(Collected data entries)
************
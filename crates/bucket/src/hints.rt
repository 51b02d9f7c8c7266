//! Hints where torrents stand.

use age_ring::AgeRing;
use ot_base::InfoHash;
use place_hints::Hints;

/// Where the room for hints doesn't fit the torrents of a ring, makes one that does, and hints at
/// each of them.
pub fn fit(hints: &mut Hints, ring: &AgeRing<InfoHash>) {
    if hints.is_fit(ring.len()) {
        return;
    }
    hints.reset(ring.len());
    if !hints.is_fit(ring.len()) {
        return;
    }
    for place in 0..ring.len() {
        hints.set(name_of(&ring.item(place)), place);
    }
}

/// The bits by which a torrent is told. The first bytes of its hash tell its bucket, so others are
/// taken.
pub fn name_of(hash: &InfoHash) -> u64 {
    let bytes = &hash.0;
    u64::from_le_bytes([
        bytes[4], bytes[5], bytes[6], bytes[7], bytes[8], bytes[9], bytes[10], bytes[11],
    ])
}
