#[test]
fn peers_age_out_and_time_never_falls(rt: HostRuntime) -> Result<(), Fail> {
    use Asks::{Leecher, Scrape};
    use Outcome::{Stats, Told};
    follow(
        &rt,
        USUAL,
        &[
            ("the first one", 8, A, 1, Leecher, Told(0, 0, 1, None)),
            ("stamped with 8", 7, A, 2, Leecher, Told(0, 0, 2, Some(1))),
            ("both live", 52, A, 0, Scrape, Stats(0, 0, 2, true)),
            ("both gone", 53, A, 0, Scrape, Stats(0, 0, 0, true)),
            ("time stays", 8, A, 0, Scrape, Stats(0, 0, 0, true)),
            ("anew", 60, A, 1, Leecher, Told(0, 0, 1, None)),
            ("live", 104, A, 2, Leecher, Told(0, 0, 2, Some(1))),
            ("gone", 105, A, 2, Leecher, Told(0, 0, 1, None)),
        ],
    )
}

#[test]
fn a_download_counts_once_until_its_peer_has_left(rt: HostRuntime) -> Result<(), Fail> {
    use Asks::{Finisher, Leecher, Seed, Stop};
    use Outcome::Told;
    follow(
        &rt,
        USUAL,
        &[
            ("finished", 0, A, 1, Finisher, Told(1, 1, 0, None)),
            ("again", 0, A, 1, Finisher, Told(1, 1, 0, None)),
            ("stopped", 0, A, 1, Stop, Told(0, 1, 0, None)),
            ("after its stop", 0, A, 1, Finisher, Told(1, 2, 0, None)),
            ("a seed from the start", 0, B, 1, Seed, Told(1, 0, 0, None)),
            ("was a seed", 0, B, 1, Finisher, Told(1, 0, 0, None)),
            ("a leecher", 0, B, 1, Leecher, Told(0, 0, 1, None)),
            ("was a leecher", 0, B, 1, Finisher, Told(1, 1, 0, None)),
            ("after 45 minutes", 45, A, 1, Finisher, Told(1, 3, 0, None)),
        ],
    )
}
************
What is required: Send back all the records above word for word.

Output:
filename crates/bucket/src/hints.rt
repository 51b02d9f7c8c7266
//! Hints where torrents stand.

use age_ring::AgeRing;
use ot_base::InfoHash;
use place_hints::Hints;

/// Where the room for hints doesn't fit the torrents of a ring, makes one that does, and hints at
/// each of them.
pub fn fit(hints: &mut Hints, ring: &AgeRing<InfoHash>) {
    if hints.is_fit(ring.len()) {
        return;
    }
    hints.reset(ring.len());
    if !hints.is_fit(ring.len()) {
        return;
    }
    for place in 0..ring.len() {
        hints.set(name_of(&ring.item(place)), place);
    }
}

/// The bits by which a torrent is told. The first bytes of its hash tell its bucket, so others are
/// taken.
pub fn name_of(hash: &InfoHash) -> u64 {
    let bytes = &hash.0;
    u64::from_le_bytes([
        bytes[4], bytes[5], bytes[6], bytes[7], bytes[8], bytes[9], bytes[10], bytes[11],
    ])
}
#[test]
fn peers_age_out_and_time_never_falls(rt: HostRuntime) -> Result<(), Fail> {
    use Asks::{Leecher, Scrape};
    use Outcome::{Stats, Told};
    follow(
        &rt,
        USUAL,
        &[
            ("the first one", 8, A, 1, Leecher, Told(0, 0, 1, None)),
            ("stamped with 8", 7, A, 2, Leecher, Told(0, 0, 2, Some(1))),
            ("both live", 52, A, 0, Scrape, Stats(0, 0, 2, true)),
            ("both gone", 53, A, 0, Scrape, Stats(0, 0, 0, true)),
            ("time stays", 8, A, 0, Scrape, Stats(0, 0, 0, true)),
            ("anew", 60, A, 1, Leecher, Told(0, 0, 1, None)),
            ("live", 104, A, 2, Leecher, Told(0, 0, 2, Some(1))),
            ("gone", 105, A, 2, Leecher, Told(0, 0, 1, None)),
        ],
    )
}

#[test]
fn a_download_counts_once_until_its_peer_has_left(rt: HostRuntime) -> Result<(), Fail> {
    use Asks::{Finisher, Leecher, Seed, Stop};
    use Outcome::Told;
    follow(
        &rt,
        USUAL,
        &[
            ("finished", 0, A, 1, Finisher, Told(1, 1, 0, None)),
            ("again", 0, A, 1, Finisher, Told(1, 1, 0, None)),
            ("stopped", 0, A, 1, Stop, Told(0, 1, 0, None)),
            ("after its stop", 0, A, 1, Finisher, Told(1, 2, 0, None)),
            ("a seed from the start", 0, B, 1, Seed, Told(1, 0, 0, None)),
            ("was a seed", 0, B, 1, Finisher, Told(1, 0, 0, None)),
            ("a leecher", 0, B, 1, Leecher, Told(0, 0, 1, None)),
            ("was a leecher", 0, B, 1, Finisher, Told(1, 1, 0, None)),
            ("after 45 minutes", 45, A, 1, Finisher, Told(1, 3, 0, None)),
        ],
    )
}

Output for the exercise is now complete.